→ PROBLEM DETAILS: Your task is to print the listing exactly as it stands.

SUPPLIED MATERIAL START

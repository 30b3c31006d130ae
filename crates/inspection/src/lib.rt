// What a listing of a capture shows: the line of each record, the totals, and where a refusal was found.
#![tactic(auto)]

pub mod fields;
pub mod line;
pub mod place;
pub mod totals;

pub use line::record_line;
pub use place::{refused_block, refused_byte};
pub use totals::Totals;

SUPPLIED MATERIAL END

→ RESULT FOR THIS TASK:
repository 30b3c31006d130ae
filename crates/inspection/src/lib.rt
// What a listing of a capture shows: the line of each record, the totals, and where a refusal was found.
#![tactic(auto)]

pub mod fields;
pub mod line;
pub mod place;
pub mod totals;

pub use line::record_line;
pub use place::{refused_block, refused_byte};
pub use totals::Totals;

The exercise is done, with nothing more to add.